TASK: Please filter the entries and return only the lines that include "BuildFault".

DATA SUPPLIED:
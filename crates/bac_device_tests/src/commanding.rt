//! What a caller of a device can tell from public contracts alone.

ghost use Rattle.std.specs.Prelude.{◌≡◌, ℕ, None, Some, map, slice_get, IfOk};
ghost use Rattle.bac_objects.specs.Build.{built, id_of};
ghost use Rattle.bac_objects.specs.declared.command.Setting.{Setting};
ghost use Rattle.bac_objects.specs.declared.lines.ObjectLine.{ObjectLine as Line};
ghost use Rattle.bac_device.specs.History.{IsCommanded, after, default_of, write_asked, writes};

use bac_device::{
    BuildFault, Device, DeviceLine, ObjectLine, Reply, built_objects_are_commanded,
    refusals_change_nothing,
};
use std::alloc::Global;

/// Gives a device datagrams, one after the other.
pub fn give_all(device: &mut Device, datagrams: &[&[u8]])
    ensures { device.new ≡ after device.old (map (λ datagram. datagram.now) datagrams.now) }
{
    for datagram in datagrams {
        device.handle(datagram);
    }
}

/// A datagram that is no WriteProperty to this device alone leaves it as it was.
pub fn ask(device: &mut Device, datagram: &[u8]) -> Option<Reply>
    requires { write_asked datagram.now ≡ None }
    ensures { device.new ≡ device.old }
{
    // For the prover alone: a law that the contract follows from.
    refusals_change_nothing();
    device.handle(datagram)
}

/// Builds a device and gives it datagrams: each of its commandable objects then has at each
/// priority what the last accepted write at it set, and the present value that follows.
pub fn build_and_give(
    alloc: Global,
    line: &DeviceLine,
    lines: &[ObjectLine],
    datagrams: &[&[u8]],
) -> Result<Device, BuildFault>
    ensures { IfOk result (λ device. (i : ℕ) (object : Line) (default : Setting)
        → slice_get lines.now i ≡ Some object → default_of object ≡ Some default
        → IsCommanded device (id_of object)
        (writes (built line.now lines.now) (map (λ datagram. datagram.now) datagrams.now))
        default) }
{
    // For the prover alone: a law that the contract follows from.
    built_objects_are_commanded();
    let mut device = Device::build(alloc, line, lines)?;
    give_all(&mut device, datagrams);
    Ok(device)
}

OUTPUT BELOW:
    BuildFault, Device, DeviceLine, ObjectLine, Reply, built_objects_are_commanded,
) -> Result<Device, BuildFault>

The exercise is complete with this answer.